英文关键词：Domain Adaptation ; Learning to Rank ; Document Weighting ; Query Weighting ; Active Learning ; Domain Independent Feature ; Semantic Entity
学位年度：2011
导师：周傲英
学科代码：081203
学位授予单位：华东师范大学
论文提交日期：2011-04-01

摘要

随着监督式机器学习技术在各个领域的广泛应用,研究人员逐渐意识到,训练数据的缺乏是阻碍学习模型快速部署的关键因素之一。最近几年,如何解决训练数据缺乏的问题,已经成为机器学习,自然语言处理,信息检索、多媒体等领域的研究热点。
     排序学习是信息检索的关键问题之一。目前,基于监督的机器学习技术被认为是解决排序学习的最佳选择。如同传统监督式学习技术,目标领域缺乏训练数据也是排序学习正在面临的实际问题。针对排序学习,我们研究了如何利用其他相关领域的己有训练数据,学习出适用于目标领域的模型,即领域自适应。
     本文的主要贡献有以下几个方面：
     1.提出了基于文档权重的排序学习自适应框架。首先,利用领域分隔超平面估计源领域文档对目标领域的重要性；然后,把这些文档权重转换成文档对权重；最终,文档对权重可以集成到基于文档对的排序学习算法中。
     2.研究了著名的排序学习算法RankBoost的领域自适应问题。在基于文档权重的排序自适应框架下,提出了三种基于文档权重的RankBoost算法,并分别对它们进行了理论分析和试验比较。
     3.提出了直接在查询层次估计源领域查询对目标领域重要性的方法。在排序学习中,查询是带有相关性标签的文档集合,是排序学习的基本对象。我们分别从两个不同的角度进行查询权重估计：(1)将查询压缩成特征向量,然后采用传统的权重估计方法进行查询权重估计。(2)对每个源领域的查询,把它依次和目标领域查询进行比较；通过集成这些两两比较的结果,估计源领域查询对于目标领域的重要程度。
     4.提出了基于主动学习的排序学习自适应算法。为了获得目标领域特有的排序知识,采用主动学习技术,选择少量目标领域具有信息量的查询进行标注。这些查询可以弥补源领域所缺失的目标领域排序知识,同时,利用这些目标查询评估源查询对目标领域的重要性权重,从而充分利用源领域的训练数据。

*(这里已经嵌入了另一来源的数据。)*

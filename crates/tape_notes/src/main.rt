// A tape on standard input, its field notes on standard output; a refused tape is one line on
// standard error, and then nothing is written as notes. The exit status says nothing of the tape:
// callers go by what is written. A read or a write that fails ends the program with an error.
#![tactic(auto)]

use answer::Refused;
use std::io::{self, Write};

// What is lent for the tape, and for its notes or the line of a refusal.
const ROOM_BYTES: usize = 65_536;

// The line of a refusal, put into lent bytes and written from there.
fn tell(refused: Refused, room: &mut [u8], err: &mut impl Write) -> io::Result<()> {
    let n = notes::refusal_of(refused.refusal.number(), refused.place, room);
    err.write_all(&room[..n])?;
    err.write_all(b"\n")
}

// A tape longer than the room is refused within it: the longest that reads has 4,811 bytes.
fn main(rt: HostRuntime) -> io::Result<()> {
    let mut tape = [0u8; ROOM_BYTES];
    let mut out = [0u8; ROOM_BYTES];
    let n = intake::read_full(&mut rt.stdin(), &mut tape)?;
    match notes::text_of(&tape[..n], &mut out) {
        Ok(n) => rt.stdout().write_all(&out[..n]),
        Err(refused) => tell(refused, &mut out, &mut rt.stderr()),
    }
}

     5.将领域自适应技术应用在语义实体识别中,提出了利用领域独立特征来增强领域自适应能力的方法。传统实体识别仅仅使用短文本特征,当训练文档和测试文档在风格上稍有差异时,性能便有明显下降。为解决该问题,我们设计了一个CRF与SVM的组合框架,通过该框架,短文本特征与领域独立特征可以有效的集成,最终获得的识别模型能够更好地适用于目标领域。

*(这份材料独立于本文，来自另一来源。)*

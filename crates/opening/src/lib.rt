// Opens a workspace from a task file, or from a partial one.

#![tactic(auto)]

ghost use Rattle.std.specs.Prelude.{◌≡◌, false, ℕ, ◌-◌, ◌≤◌, length, replicate, drop};
ghost use mathlib.Core.List.{List, ◌++◌, foldl};
ghost use Rattle.meaning.specs.Limits.{most_variables};
ghost use Rattle.meaning.specs.Number.{Read};
ghost use Rattle.meaning.specs.Task.{State, Task};
ghost use Rattle.meaning.specs.File.{operator_of};
ghost use Rattle.meaning.specs.Workspace.{has};
ghost use Rattle.meaning.specs.Answer.{Opens, OpensAs};
ghost use Rattle.meaning.specs.Partial.{OpensPartial};
ghost use Rattle.number.specs.Answers.{place_of};
ghost use Rattle.layout.specs.Parts.{sizes_part};
ghost use Rattle.pairs.specs.Ready.{Listed};
ghost use Rattle.forgetting.specs.Kept.{kept_in};
ghost use Rattle.condition.specs.Slotted.{with_rows};
ghost use Rattle.condition.specs.Later.{Kept, settled_as};
ghost use Rattle.order.specs.With.{following, KnownWith};
ghost use Rattle.opening.specs.Answer.{opened_of};
ghost use Rattle.opening.specs.Adding.{Workable, Sized, added_from};
ghost use Rattle.opening.specs.Later.{Blank};

use limits::{HEADER_WORDS, MOST_WORDS};
use number::{Fault, Reason};
use operator::Entries;
use reader::Header;

// Slots are settled once one in so many of all is pending.
const PENDING_SHARE: usize = 32;

// Puts a header in front, and clears the slots behind it.
fn begin(room: &mut [u64], header: &[u64], due: usize)
    requires { (length header.now ≤ due) × (due ≤ length room.old) }
    ensures { room.new ≡ header.now ++ (replicate (due - length header.now) 0 ++ drop due room.old) }
{
    let end = header.len();
    words::copy(&mut room[..end], header);
    words::clear(&mut room[end..due]);
}

// Reads an operator and inserts its rows; nothing is inserted where there is a fault. New slots stay pending. The answer is the place after it.
fn add_operator(
    bytes: &[u8],
    at: usize,
    room: &mut [u64],
    v: usize,
    n: usize,
    full: &mut [u64],
    pending: &mut [u64],
) -> Result<usize, Fault>
    requires { Kept v n full.old pending.old room.old × Workable v n (settled_as v n pending.old room.old) }
    ensures place { result ≡ place_of (operator_of (sizes_part v (settled_as v n pending.old room.old)) bytes.now at) }
    ensures kept { Kept v n full.new pending.new room.new }
    ensures rows { settled_as v n pending.new room.new ≡ added_from v n 1 bytes.now at (settled_as v n pending.old room.old) }
{
    let read = operator::read_operator(bytes, at, layout::sizes(room, v))?;
    let entries = read.operator.entries();
    condition::add_rows_later(room, v, n, full, pending, &entries);
    Ok(read.next)
}

// Settles the slots where so many are pending that it pays; what they are once settled stays.
fn settle_when_due(room: &mut [u64], v: usize, n: usize, full: &[u64], pending: &mut [u64])
    requires { Kept v n full.now pending.old room.old × (v ≤ most_variables) }
    ensures kept { Kept v n full.now pending.new room.new }
    ensures same { settled_as v n pending.new room.new ≡ settled_as v n pending.old room.old }
{
    if n / PENDING_SHARE <= words::count(pending) {
        condition::settle_rows(room, v, n, full, pending);
    }
}

// Reads so many operators and inserts their rows; the last slots stay pending.
fn add_operators(
    bytes: &[u8],
    at: usize,
    count: usize,
    room: &mut [u64],
    v: usize,
    n: usize,
    full: &mut [u64],
    pending: &mut [u64],
)
    requires { Kept v n full.old pending.old room.old × Workable v n (settled_as v n pending.old room.old) }
    ensures kept { Kept v n full.new pending.new room.new }
    ensures rows { settled_as v n pending.new room.new ≡ added_from v n count bytes.now at (settled_as v n pending.old room.old) }
{
    let mut next = at;
    for _ in 0..count {
        let Ok(after) = add_operator(bytes, next, room, v, n, full, pending) else {
            return;
        };
        settle_when_due(room, v, n, full, pending);
        next = after;
    }
}

// Inserts the rows of the forgetting operators that are kept, by the sizes, pairs and goal of the built task; the last slots stay pending.
fn add_forgettings(
    room: &mut [u64],
    v: usize,
    n: usize,
    full: &mut [u64],
    pending: &mut [u64],
    sizes: &[u64],
    pairs: &[u64],
    goal: &[u64],
)
    requires { Kept v n full.old pending.old room.old × Sized v n sizes.now (settled_as v n pending.old room.old) × Listed sizes.now pairs.now × State sizes.now goal.now }
    ensures kept { Kept v n full.new pending.new room.new }
    ensures rows { settled_as v n pending.new room.new
        ≡ foldl (with_rows v n) (settled_as v n pending.old room.old) (kept_in sizes.now (has pairs.now) goal.now false) }
{
    let mut next = forgetting::next_kept(sizes, pairs, goal, false, 0, 0);
    while let Some(kept) = next {
        let entry = kept.entry(sizes);
        condition::add_rows_later(room, v, n, full, pending, &Entries::one(&entry));
        settle_when_due(room, v, n, full, pending);
        next = forgetting::next_kept(sizes, pairs, goal, false, kept.variable, kept.value + 1);
    }
}

// Inserts the rows of a task's operators into empty slots, those that are read and, if the task forgets, then the kept forgetting ones, and settles these.
fn add_task(
    bytes: &[u8],
    header: Header,
    forgets: bool,
    room: &mut [u64],
    full: &mut [u64],
    pending: &mut [u64],
    sizes: &[u64],
    pairs: &[u64],
    goal: &[u64],
)
    requires { Blank header.variables header.features full.old pending.old room.old × Sized header.variables header.features sizes.now room.old
        × Listed sizes.now pairs.now × State sizes.now goal.now }
    ensures { room.new ≡ foldl (with_rows header.variables header.features)
        (added_from header.variables header.features header.operators bytes.now header.next room.old) (following sizes.now (has pairs.now) goal.now forgets) }
{
    let v = header.variables;
    let n = header.features;
    add_operators(
        bytes,
        header.next,
        header.operators,
        room,
        v,
        n,
        full,
        pending,
    );
    if forgets {
        add_forgettings(room, v, n, full, pending, sizes, pairs, goal);
    }
    condition::settle_rows(room, v, n, full, pending);
}

// Opens a workspace of an accepted task, by its header and the words with its parts. The answer is the number of words due.
fn open_accepted(
    bytes: &[u8],
    header: Header,
    parts: &[u64],
    forgets: bool,
    room: &mut [u64],
) -> Result<usize, Reason>
    requires { (judging : Read Task) × (old : List ℕ) × KnownWith judging bytes.now old parts.now header forgets }
    ensures { (judging : Read Task) (old : List ℕ) → KnownWith judging bytes.now old parts.now header forgets
        → OpensAs judging room.old (record { answer = opened_of result; lent = room.new }) }
{
    let v = header.variables;
    let n = header.features;
    let places = layout::places_for(v, n);
    if room.len() < places.end {
        return Err(Reason::Small);
    }
    begin(room, &parts[..places.slots], places.end);
    let w = layout::words_for(n);
    let mut full = [0u64; MOST_WORDS];
    let mut pending = [0u64; MOST_WORDS];
    add_task(
        bytes,
        header,
        forgets,
        room,
        &mut full[..w],
        &mut pending[..w],
        layout::sizes(parts, v),
        layout::pairs(parts, v, n),
        layout::goal(parts, v, n),
    );
    Ok(places.end)
}

// Opens a workspace from a task file in lent words.
pub fn open(task: &[u8], room: &mut [u64]) -> Result<usize, Reason>
    ensures { Opens task.now room.old (record { answer = opened_of result; lent = room.new }) }
{
    let mut parts = [0u64; HEADER_WORDS];
    let header = task::judge(task, &mut parts)?;
    open_accepted(task, header, &parts, false, room)
}

// Opens a workspace of the task that is built for a partial task file, in lent words.
pub fn open_partial(partial: &[u8], room: &mut [u64]) -> Result<usize, Reason>
    ensures { OpensPartial partial.now room.old (record { answer = opened_of result; lent = room.new }) }
{
    let mut parts = [0u64; HEADER_WORDS];
    let judged = order::judge(partial, false, &mut parts)?;
    open_accepted(partial, judged.header, &parts, true, room)
}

     针对不同的应用场景,本文研究了排序学习中的领域自适应问题。在目标领域没有标注数据的场景下,我们从样本权重的角度,研究了基于权重的排序学习领域自适应；在目标领域存在少量标注预算的场景下,我们研究了基于主动学习的排序自适应算法。另外,我们还研究了领域自适应在语义实体识别中的应用。从特征的角度,我们探讨了基于领域独立特征的语义实体识别领域自适应。我们在标准数据集上评价了算法的有效性。
     在实际应用中,比如多媒体新闻推荐,热点事件检测,情感分析,通用搜索,垂直搜索等等,通过本文提出的领域自适应技术,可以充分利用已有其他相关领域的标注数据,降低目标领域的标注成本,同时获得满意的目标领域模型。

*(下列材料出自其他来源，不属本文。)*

fn add_members<M: Meanings>(
    meanings: &M,
    entities: &[Entity],
    members: &[InterfaceMember],
    places: &mut Vec<Place>,
) -> Result<(), NoMemory>
    requires rising { IsRising (entities_of entities.now) }
    requires classes { KeepsClasses (M.telling meanings.now).kept }
    ensures { OnOk result (AddsPlaces places.old.items (flat_map (wrong_stand (M.telling meanings.now) (entities_of entities.now)) (flat_map in_member (map interface_member_of members.now))) places.new.items) }
{
    for member in members {
        add_member(meanings, entities, member, places)?;
    }
    Ok(())
}

fn add_member<M: Meanings>(
    meanings: &M,
    entities: &[Entity],
    member: &InterfaceMember,
    places: &mut Vec<Place>,
) -> Result<(), NoMemory>
    requires rising { IsRising (entities_of entities.now) }
    requires classes { KeepsClasses (M.telling meanings.now).kept }
    ensures { OnOk result (AddsPlaces places.old.items (flat_map (wrong_stand (M.telling meanings.now) (entities_of entities.now)) (in_member (interface_member_of member.now))) places.new.items) }
{
    match member {
        InterfaceMember::Base(_) => Ok(()),
        InterfaceMember::Attribute(attribute) => {
            add_type(meanings, entities, Standing::Value, &attribute.kind, places)
        }
        InterfaceMember::Method(method) => add_method(meanings, entities, method, places),
    }
}

fn add_method<M: Meanings>(
    meanings: &M,
    entities: &[Entity],
    method: &Method,
    places: &mut Vec<Place>,
) -> Result<(), NoMemory>
    requires rising { IsRising (entities_of entities.now) }
    requires classes { KeepsClasses (M.telling meanings.now).kept }
    ensures { OnOk result (AddsPlaces places.old.items (flat_map (wrong_stand (M.telling meanings.now) (entities_of entities.now)) (in_member (tree.method (method_of method.now)))) places.new.items) }
{
    add_type(meanings, entities, Standing::Result, &method.result, places)?;
    add_parameters(meanings, entities, method.parameters.as_slice(), places)
}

With the widespread use of supervised machine learning techniques in many fields, researchers have considered that the scarce of training data in target domain becomes one of the important reasons which prevent us from quickly deploying a learned model. In re-cent years, how to resolve this problem has became a hot topic in several communities such as machine learning, natural language processing, information retrieval and multimedia.
     Learning to rank is one of the key problems in information retrieval. To date the techniques based on supervised learning have been regarded as the best choice for learning to rank. However, like traditional supervised learning, we also need to resolve the similar problem in ranking learning, i.e. the lack of training data in target domain. For this purpose, we have investigated on how to effectively use labeled data in related domains to learn a model for target domain, which is referred as domain adaptation.
     The contributions of this paper include:
     1. We proposed a framework based on document weighting for learning to rank.. First, we estimate the source document's importance to target domain by domain separator; Then, the weight of document can be transformed to the weight of document pair, which may be integrated into pairwise ranking algorithms.
     2. We investigated the adaptation problem of RankBoost, a famous ranking algorithm. In the framework of ranking adaptation based on document weighting, we proposed three versions of weight-based RankBoost, and made theoretical analysis and empir-ical comparisons.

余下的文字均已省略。